ウィズコロナ時代、アフターコロナ時代、新たな価値創造が求められるなか必要不可欠な戦略として注目されている「ブランド価値創造」に焦点を当てながら中小企業におけるブランド力向上のヒントを “ブランディングレポート” として全8回にわたりお届けします。
“Ame to Tsuchi, Inc. Branding Report”
ブランド戦略を立案した後は「ブランディングツールの開発」と「ブランド運用」という2つのプロセスによって戦略を具体化していきます。ここまで来たら着実かつ大胆な戦略の実行が必要不可欠です。2つのプロセスの内容のほか、ブランド構築の成功事例について解説します。
ブランディングを適切に行うための手順
ブランドを構築するステップは「現状把握」「ブランド定義」「ブランド戦略の立案」「ブランディングツールの開発」「ブランド運用」の5つで、これらのプロセスを通して行われます。
「現状把握」はブランド構築の入り口であり、最も重要なプロセスのひとつです。その理由はメンバー間の目線を合わせることが後々のプロセスにおいて重要になってくるからです。
目線がズレたままでは一貫性、統一性のあるブランドを構築することは難しくなります。現状把握のための具体的な手法は、「PEST分析」や「3C分析」がありますので適宜活用してください。
「ブランド定義」は現状把握で得られたアイデアをもとに、どのようなブランドが適しているのか、または目指したいのか決めていきます。このプロセスにおいて重要なことはブランドという言葉を再確認することです。
ブランドは多数の商品やサービスがあふれるなかでも、ある商品やサービスが特定の企業によって提供されているものだと消費者や顧客に“識別”されている状態のことです。

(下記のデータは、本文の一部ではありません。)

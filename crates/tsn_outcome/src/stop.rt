//! What is known where a search was stopped.
ghost use Rattle.std.specs.Prelude.{◌≡◌, IfOk, Some, string_bytes, true};
ghost use Rattle.tsn_outcome.specs.Stop.{is_least, known_text, stop_text};

use std::alloc::Global;
use std::fmt;
use tsn_model::NoMemory;

/// What is known where a search was stopped, in nanoseconds.
#[derive(Clone, Copy)]
pub struct Stop {
    /// The least flowspan of a schedule that is known, if any.
    pub best: Option<u64>,
    /// What no valid schedule's flowspan is below.
    pub bound: u64,
}

/// A number of nanoseconds, printed as these words where there is none.
#[derive(Clone, Copy)]
pub(crate) struct SpanOr(pub(crate) &'static str, pub(crate) Option<u64>);

impl fmt::Display for SpanOr {
    ghost use Rattle.tsn_outcome.specs.Stop.{span_or};

    ghost output = { λ span. Some (span_or span.0.now span.1) };

    fn fmt<W: fmt::Write>(&self, f: &mut fmt::Formatter<W>) -> fmt::Result {
        match self.1 {
            Some(span) => write!(f, "{span}"),
            None => f.write_str(self.0),
        }
    }
}

impl Stop {
    /// The line on it. Where the flowspan is shown to be the least it says so, and what writes a certificate of that: this command.
    /// The error says that there was no memory.
    pub fn line(&self, alloc: Global, writer: &str) -> Result<String, NoMemory>
        ensures { IfOk result (λ line. string_bytes line ≡ stop_text self.now writer.now) }
    {
        let Stop { best, bound } = *self;
        if is_least(best, bound) {
            return line_of_least(alloc, best, bound, writer);
        }
        Ok(format!(in alloc;
            "best {}, and no schedule finishes before {bound}",
            SpanOr("none", best)
        )?)
    }
}

/// The line where the schedule that is known is the least.
fn line_of_least(
    alloc: Global,
    best: Option<u64>,
    bound: u64,
    writer: &str,
) -> Result<String, NoMemory>
    ensures { IfOk result (λ line. string_bytes line ≡ known_text true best bound writer.now) }
{
    let best = SpanOr("none", best);
    Ok(format!(in alloc;
        "best {best}, and no schedule finishes before {bound}: that is the least flowspan, and {writer} writes its certificate"
    )?)
}

/// Whether the best schedule is known to be the least: none finishes before it.
fn is_least(best: Option<u64>, bound: u64) -> bool
    ensures { result ≡ is_least best bound }
{
    match best {
        Some(best) => best == bound,
        None => false,
    }
}
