//! How an outcome gets its line, and what a run answers, as a value.
ghost use Rattle.std.specs.Prelude.{◌≡◌, ◌<◌, IfOk, Ok};
ghost use Rattle.tsn_outcome.specs.Said.{status_of};
ghost use Rattle.tsn_outcome.specs.Outcome.{IsOutcome, outcome_of, output_of};

use crate::answer::Answer;
use crate::outcome::Outcome;
use std::alloc::Global;
use tsn_device::device::ReadFault;
use tsn_model::NoMemory;

impl Answer {
    /// An outcome with its line.
    pub fn of(alloc: Global, outcome: Outcome) -> Result<Answer, NoMemory>
        requires { status_of outcome < 8 }
        ensures outcome { IfOk result (λ answer. answer.outcome ≡ outcome) }
        ensures line { IfOk result (λ answer. IsOutcome outcome (output_of (Ok answer))) }
    {
        Answer::because(alloc, outcome, None)
    }

    /// An outcome with its line, and why it is this one.
    pub fn because(
        alloc: Global,
        outcome: Outcome,
        reason: Option<String>,
    ) -> Result<Answer, NoMemory>
        requires { status_of outcome < 8 }
        ensures outcome { IfOk result (λ answer. answer.outcome ≡ outcome) }
        ensures line { IfOk result (λ answer. IsOutcome outcome (output_of (Ok answer))) }
    {
        let line = outcome.line(alloc)?;
        Ok(Answer {
            outcome,
            line,
            reason,
        })
    }
}

/// What a run answers, as a value.
pub fn outcome_of(answer: &Result<Answer, ReadFault>) -> Outcome
    ensures { result ≡ outcome_of answer.now }
{
    match answer {
        Ok(answer) => answer.outcome,
        Err(ReadFault::TooLong) => Outcome::TooLong,
        Err(ReadFault::Memory) => Outcome::NoMemory,
        Err(ReadFault::Broken) => Outcome::Failed,
    }
}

自社のブランドを定義する際は、この“識別”という観点が重要になります。「ブランド戦略の立案」については「ターゲット選定」「ポジショニング」「SWOT分析」が有用です。ターゲット選定とポジショニング、SWOT分析を行った後にはブランディングにあたり、明確な到達点が見えてくるので、ブランディングのための道筋を定め、取るべき戦略を決めていきましょう。
ブランド戦略を着実に実行するための2つのプロセス
では「ブランディングツールの開発」と「ブランド運用」について考えていきましょう。
「ブランディングツールの開発」とは、ブランドを確立するための具体的な実行手法のことです。戦略からブレイクダウンして手法にまで落とし込むフェーズのことで、ホームページやパンフレット、名刺、看板などがブランディングツールの一例です。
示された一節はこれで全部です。